助手席に邪羅威。後部座席に私と巴。その後ろに諏訪式姉妹が座った。
蛇餓魅の森までは二十分程で着く。
「人には言えない仕事ってこういうことだったんですね」
巴が運転している迦麗に向かって言う。
「そうよ。だって『殺し屋』やってますなんて言えるわけないじゃない」
迦麗が笑って言った。
「あなた会ったことあるの?」
私は巴と迦麗を交互に見る。
「まあ、ちょっと」
巴はそう答えると目をそらした。
「邪羅威様。なぜ蛇餓魅に狙われている彼女たちを森へ連れて行くのですか?危険では?」
祓椰が邪羅威に尋ねる。
「俺が受けた依頼は蛇餓魅の抹殺。そしてそれを阻む者共の駆逐。そのやり方は俺に一任する。それが依頼したときに決めたルールのはずだが?」
振り向かすに邪羅威が返す。
その口調には有無を言わさない厳しさがある。
「そうですが……」
ミラー越しに祓椰を見た邪羅威は、仕方ないという感じで話した。
「俺が奴等を殺しに行ったときに奴等が全て揃っていないと意味がない。一ヶ所にまとめておくためには、奴等が狙ってるこの女たちがいる方が確実だからだ」
「彼女たちには結界に入ってもらうから。後のことは私たちに任せておきなさい」
邪羅威に続き迦麗が答える。
「私たちもお手伝いします。姐さんたちの足は引っ張りません」
清伽が強い眼差しを向けて言った。
「そう?なら彼女たちを守ってあげてね」
「はい」
清伽と祓椰の顔は新たな決意に満ちているように見えた。
「一つ聞いてもいいですか?」
私は邪羅威にきになっていることを聞いてみることにした。
「なんだ?」
「あなたたちは殺し屋で、この世のものでない怨霊や化け物まで殺せると言うけど、どういうことなんですか?」
「教えておいてやろう。死者よりも生者の方が強い。生者の強靭な意思は死者の持つそれを凌駕する。そのことを理解していれば殺せる」
「どうやって?」
やはりわからない。
生きている人間の意思の方が怨霊より強いとして、実体もなく一度死んでいる存在を殺すなんて考えられない。

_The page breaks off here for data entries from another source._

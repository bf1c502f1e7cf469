//! Kernels with their code.
#![tactic(auto)]

ghost use Rattle.std.specs.Prelude.{◌≡◌, IfOk, MatchOption};
ghost use Rattle.std.specs.List.{list_any};
ghost use Rattle.std.specs.Map.{set_value, values_of};
ghost use Rattle.clmodel.specs.Tree.{program};
ghost use Rattle.cltypes.specs.Kernels.{IsKernel};
ghost use Rattle.host_commands.specs.Kernels.{names_buffer};
ghost use Rattle.spaces.specs.Tables.{is, find};
ghost use Rattle.lower.specs.Lowers.{IsLowered};
ghost use Rattle.device.specs.Kept.{IsCodeOf, with_argument_set};

use clmodel::lookup::PlacedFunction;
use clmodel::setup::Argument;
use clmodel::text::Name;
use cltypes::Checked;
use host_commands::kernel::Kernel;
use lower::kernel_laws::typed_kernels_fit;
use lower::lower_kernel;
use regcode::Code;
use renumbering::renumber;
use spaces::Table;
use std::alloc::{AllocError, Global};

/// A kernel with its code, which is made once, with the kernel.
#[derive(Drop)]
pub(crate) struct CompiledKernel {
    pub(crate) kernel: Kernel,
    pub(crate) code: Code,
}

/// The code of a program's kernel, with the registers that its instructions name. An error is out of memory.
pub(crate) fn code_of(
    alloc: Global,
    checked: &Checked,
    kernel: PlacedFunction<'_>,
) -> Result<Code, AllocError>
    requires { IsKernel checked.now.tree kernel.place kernel.function.now }
    ensures lowered { IfOk result (IsLowered (program checked.now.tree) kernel.entry.function.now.name) }
    ensures code { IfOk result (IsCodeOf (program checked.now.tree) kernel.entry.function.now.name) }
{
    typed_kernels_fit();
    let code = lower_kernel(alloc, checked, kernel)?;
    renumber(alloc, code)
}

/// Whether an argument of a kernel names a buffer.
pub(crate) fn holds_buffer(kernels: &Table<CompiledKernel>, buffer: &Name) -> bool
    ensures { result ≡ list_any (λ compiled. list_any (names_buffer buffer.now) compiled.kernel.arguments) (values_of kernels.now) }
{
    kernels
        .values()
        .any(|compiled| compiled.kernel.uses(buffer))
}

/// Whether a kernel is of a program.
pub(crate) fn has_program(kernels: &Table<CompiledKernel>, program: &Name) -> bool
    ensures { result ≡ list_any (λ compiled. is program.now compiled.kernel.program) (values_of kernels.now) }
{
    kernels
        .values()
        .any(|compiled| program == compiled.kernel.program())
}

/// Sets the argument of an index of the kernel of a name, over an earlier one, if there are such a kernel and such a
/// parameter (OpenCL 1.2, section 5.7.2). Its code stays.
pub(crate) fn set_argument(
    kernels: &mut Table<CompiledKernel>,
    name: &Name,
    index: usize,
    argument: Argument,
)
    ensures { MatchOption (find kernels.old name.now) (kernels.new ≡ kernels.old) (λ compiled. kernels.new ≡ set_value (is name.now) kernels.old (with_argument_set compiled index argument)) }
{
    if let Some(compiled) = kernels.get_mut(name) {
        compiled.kernel.set_argument(index, argument);
    }
}
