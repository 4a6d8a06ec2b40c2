// The hub's lines as definitions: the grammar, and that reading a line is the inverse of writing it.
// The code is in `hub_text`.
#![tactic(auto)]
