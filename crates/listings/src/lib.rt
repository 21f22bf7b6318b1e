#![tactic(auto)]
// The query of each S operator, and its list.
// An inner layer: what its functions require, their callers have shown; only the entry refuses.
// By hand: facts about the lent words stand in no struct; chain says why.
ghost use Rattle.std.specs.Prelude.{◌≡◌, length, ◌≤◌};
ghost use Rattle.layouts.specs.Buffer.{tuples_of};
ghost use Rattle.model.specs.Steps.{listed};
ghost use Rattle.entries.specs.Queries.{Readable, written_pairs};
ghost use Rattle.entries.specs.declared.Query.TheVariants.{Pairs};
ghost use Rattle.listings.specs.Lists.{pairs_hint, list_hint, pair_query, query_of, NamesAsked};
ghost use Rattle.located.specs.Located.{NearIn};

pub use entries::surely_fits;
use entries::{NamesQuery, PairQuery, Part, Query};
use located::Near;
use model::{Direction, Fields, Listing};

// The query for the pairs of the call's node in its space, with edge g and node m (0: any).
fn pair_query(d: Direction, f: Fields, g: u32, m: u32, part: Part) -> Query
    ensures { result ≡ Pairs (pair_query d f.s f.n g m part) }
{
    Query::Pairs(PairQuery {
        d,
        s: f.s,
        n: f.n,
        g,
        m,
        part,
    })
}

// The query of an S operator.
#[tactic(auto, unfolding(crate::specs::Lists::query_of))]
pub fn query_of(l: Listing, f: Fields) -> Query
    ensures { result ≡ query_of l f }
{
    match l {
        Listing::P(d) => pair_query(d, f, 0, 0, Part::Both),
        Listing::G(d) => pair_query(d, f, 0, 0, Part::Edge),
        Listing::GN(d) => pair_query(d, f, 0, f.m, Part::Edge),
        Listing::N(d) => pair_query(d, f, 0, 0, Part::Node),
        Listing::NG(d) => pair_query(d, f, f.g, 0, Part::Node),
        Listing::UN => Query::Names(NamesQuery::Nodes(f.s)),
        Listing::US => Query::Names(NamesQuery::Spaces),
        Listing::USn => Query::Names(NamesQuery::SpacesOf(f.n)),
    }
}

// Where the walk for pairs starts: edges from n stand behind n, edges to n anywhere in the space.
#[tactic(auto, unfolding(crate::specs::Lists::pairs_hint))]
fn pairs_hint(d: Direction, near: Near) -> usize
    ensures { result ≡ pairs_hint d near }
{
    match d {
        Direction::Outpointing => near.node,
        Direction::Inpointing | Direction::Adjacent => near.space,
    }
}

// Where the walk of an S operator starts.
#[tactic(auto, unfolding(crate::specs::Lists::list_hint))]
fn list_hint(l: Listing, near: Near) -> usize
    ensures { result ≡ list_hint l near }
{
    match l {
        Listing::P(d) | Listing::G(d) | Listing::GN(d) | Listing::N(d) | Listing::NG(d) => {
            pairs_hint(d, near)
        }
        Listing::UN => near.space,
        Listing::US | Listing::USn => 0,
    }
}

// The number of entries that an S operator lists. By hand: a function of its own beside `write_listed`, since it is lent no list and asks for no room.
pub fn count_listed(b: &[u32], near: Near, l: Listing, f: Fields) -> usize
    requires { Readable b.now × NearIn b.now near × NamesAsked l f }
    ensures { result ≡ length (listed l f (tuples_of b.now)) }
{
    entries::count_entries(b, list_hint(l, near), query_of(l, f))
}

// The entries written to the first places of a list that has room for them, and their number; the rest stays.
pub fn write_listed(b: &[u32], near: Near, l: Listing, f: Fields, list: &mut [u32]) -> usize
    requires { Readable b.now × NearIn b.now near × NamesAsked l f × (length (listed l f (tuples_of b.now)) ≤ length list.old) }
    ensures value { result ≡ length (listed l f (tuples_of b.now)) }
    ensures list { list.new ≡ written_pairs (listed l f (tuples_of b.now)) list.old }
{
    entries::write_entries(b, list_hint(l, near), query_of(l, f), list)
}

困惑する私の表情をミラー越しに見た迦麗が「あらゆる怨みや憎悪といった陰の気を上回る純粋なる殺意。圧倒的な殺意。これを以て魂を斬るのよ」と、言った。
怨みや憎悪を上回る圧倒的で純粋な殺意?
それを以て魂を斬るというのは、大まかに言えばより強い意思をぶつけて消すということだろうか?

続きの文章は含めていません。